Since its inception in 1995, the learned intermediary doctrine has been controversial. Opponents of the doctrine argue that it prevents consumers who have suffered severe harm due to a defective device or drug from recovering compensation from the manufacturer or distributor.

Proponents of the doctrine state that a physician who interacts with the patient after receiving instructions from the manufacturer or distributor is in the best position to inform the consumer. They also argue that manufacturers typically do not have direct routes to marketing their devices and pharmaceuticals to patients and consumers directly and that imposing a duty on the manufacturer would put an undue burden on the physician-patient relationship.

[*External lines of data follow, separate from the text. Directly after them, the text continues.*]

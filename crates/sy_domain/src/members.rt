ghost use Rattle.std.specs.Prelude.{◌≡◌, ◌++◌, map, fold, length, option_and_then, slice_get, OnOk, IfOk};
ghost use Rattle.std.specs.List.{enumerate_from};
ghost use Rattle.sy_chains.specs.Chains.{NoCycle};
ghost use Rattle.sy_domain.specs.Machine.Ended.{noted_kind};
ghost use Rattle.sy_domain.specs.Ontologies as ontologies;
ghost use Rattle.sy_domain.specs.Ontologies.{put};

use crate::attributes::own;
use crate::{Meaning, Member, Names, Sort, TypeKind};
use indexmap::IndexMap;
use std::alloc::Global;
use sy_base::{List, Memory, Text};
use sy_chains::{find_ends, mark_at};
use sy_spec::{AttrTree, BaseTree, TypeTree};

/// The kind of type that a base makes.
fn kind_by(base: &BaseTree) -> Option<TypeKind>
    ensures { result ≡ ontologies.kind_by base.now }
{
    match base {
        BaseTree::Role(_) => Some(TypeKind::Role),
        BaseTree::Asset(_) => Some(TypeKind::Asset),
        BaseTree::Event(_) => Some(TypeKind::Event),
        BaseTree::Named(_) => None,
    }
}

/// The kind of the type at the end of a chain.
fn end_kind(types: &[TypeTree], end: Option<usize>) -> Option<TypeKind>
    ensures { result ≡ ontologies.end_kind (option_and_then (slice_get types.now) end) }
{
    match end {
        Some(number) => match types.get(number) {
            Some(TypeTree::Derived(_, base, _)) => kind_by(base),
            _ => None,
        },
        None => None,
    }
}

/// The kind of a type, by the ends of chains.
fn kind_of(
    types: &[TypeTree],
    ends: &[Option<usize>],
    number: usize,
    tree: &TypeTree,
) -> Option<TypeKind>
    ensures { result ≡ noted_kind types.now ends.now (number, tree.now) }
{
    match tree {
        TypeTree::Enumeration(_, _) => Some(TypeKind::Enumeration),
        TypeTree::Derived(_, _, _) => end_kind(types, mark_at(ends, number)),
    }
}

/// The kinds of types, by the ends of chains.
fn kinds_by(
    alloc: Global,
    types: &[TypeTree],
    ends: &[Option<usize>],
) -> Result<List<Option<TypeKind>>, Memory>
    ensures { IfOk result (λ kinds. kinds ≡ map (noted_kind types.now ends.now) (enumerate_from 0 types.now)) }
{
    let mut kinds = List::new(alloc);
    'tree: for (i, tree) in types.iter().enumerate() {
        kinds.push(kind_of(types, ends, i, tree))?;
    }
    Ok(kinds)
}

/// The kinds of all types.
pub(crate) fn all_kinds(
    alloc: Global,
    types: &[TypeTree],
    bases: &[Option<usize>],
) -> Result<List<Option<TypeKind>>, Memory>
    requires none { NoCycle bases.now }
    requires same { length bases.now ≡ length types.now }
    ensures { IfOk result (λ kinds. kinds ≡ map (ontologies.kind_of types.now bases.now) (enumerate_from 0 types.now)) }
{
    let ends = find_ends(alloc, bases)?;
    let kinds = kinds_by(alloc, types, &ends)?;
    Ok(kinds)
}

/// The sort that a type's name stands for.
pub(crate) fn sort_named(names: &Names, name: &Text) -> Sort
    ensures { result ≡ ontologies.sort_named names.now.table name.now }
{
    match names.meaning(name) {
        Some(Meaning::Type(sort)) => sort,
        _ => Sort::Number,
    }
}

/// An attribute as its type has it.
fn member_of(names: &Names, tree: &AttrTree) -> Member
    ensures { result ≡ ontologies.member_of names.now.table tree.now }
{
    Member {
        env: tree.env.is_some(),
        sort: sort_named(names, &tree.type_name.text),
    }
}

/// Puts attributes into a table.
fn put_all(
    alloc: Global,
    names: &Names,
    trees: &[AttrTree],
    table: &mut IndexMap<Text, Member>,
) -> Result<(), Memory>
    ensures { OnOk result (table.new.entries ≡ fold (put names.now.table) table.old.entries trees.now) }
{
    'tree: for tree in trees {
        table.insert(tree.name.text.copy(alloc)?, member_of(names, tree))?;
    }
    Ok(())
}

/// The own members of a type by their names.
fn own_members(
    alloc: Global,
    names: &Names,
    tree: &TypeTree,
) -> Result<IndexMap<Text, Member>, Memory>
    ensures { IfOk result (λ m. m.entries ≡ ontologies.own_members names.now.table tree.now) }
{
    let mut table = IndexMap::new(alloc);
    put_all(alloc, names, own(tree), &mut table)?;
    Ok(table)
}

/// The own members of all types.
pub(crate) fn all_owned(
    alloc: Global,
    names: &Names,
    types: &[TypeTree],
) -> Result<Vec<IndexMap<Text, Member>>, Memory>
    ensures { IfOk result (λ v. map (λ m. m.entries) v.items
        ≡ map (ontologies.own_members names.now.table) types.now) }
{
    let mut tables = Vec::new(alloc);
    'tree: for tree in types {
        tables.push(own_members(alloc, names, tree)?)?;
    }
    Ok(tables)
}

/// Puts names behind other names.
pub(crate) fn copy_names(alloc: Global, names: &[Text], out: &mut List<Text>) -> Result<(), Memory>
    ensures { OnOk result (out.new ≡ out.old ++ names.now) }
{
    'name: for name in names {
        out.push(name.copy(alloc)?)?;
    }
    Ok(())
}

One recent exception to the learned intermediary doctrine that has gained notoriety is based on the recent uprise of direct-to-consumer advertising. Many drug and device manufacturers have started using TV commercials, radio commercials, pamphlets, and other marketing materials to sell their products and gain consumers’ attention. While some states have adopted a direct-to-consumer marketing exception to the learned intermediary doctrine, others have refrained from doing so.

Over 20 states have officially adopted the learned intermediary doctrine, while the doctrine has been applied by courts in at least 48 states.

If you have suffered injuries as the result of a dangerous pharmaceutical drug or medical device, you may be entitled to compensation. There are a number of claims that you can bring against a variety of potential defendants. In states where the learned intermediary doctrine applies, the injured victim can bring a claim against the treating physician for failing to warn about the dangers or side effects of the medical device or drug. The plaintiff can also bring a medical malpractice claim to the extent the physician was negligent in prescribing the pharmaceutical or recommending the specific medical device. A successful plaintiff will be entitled to recover compensation for his or her damages, including medical bills, lost wages, diminished quality of life, and pain and suffering.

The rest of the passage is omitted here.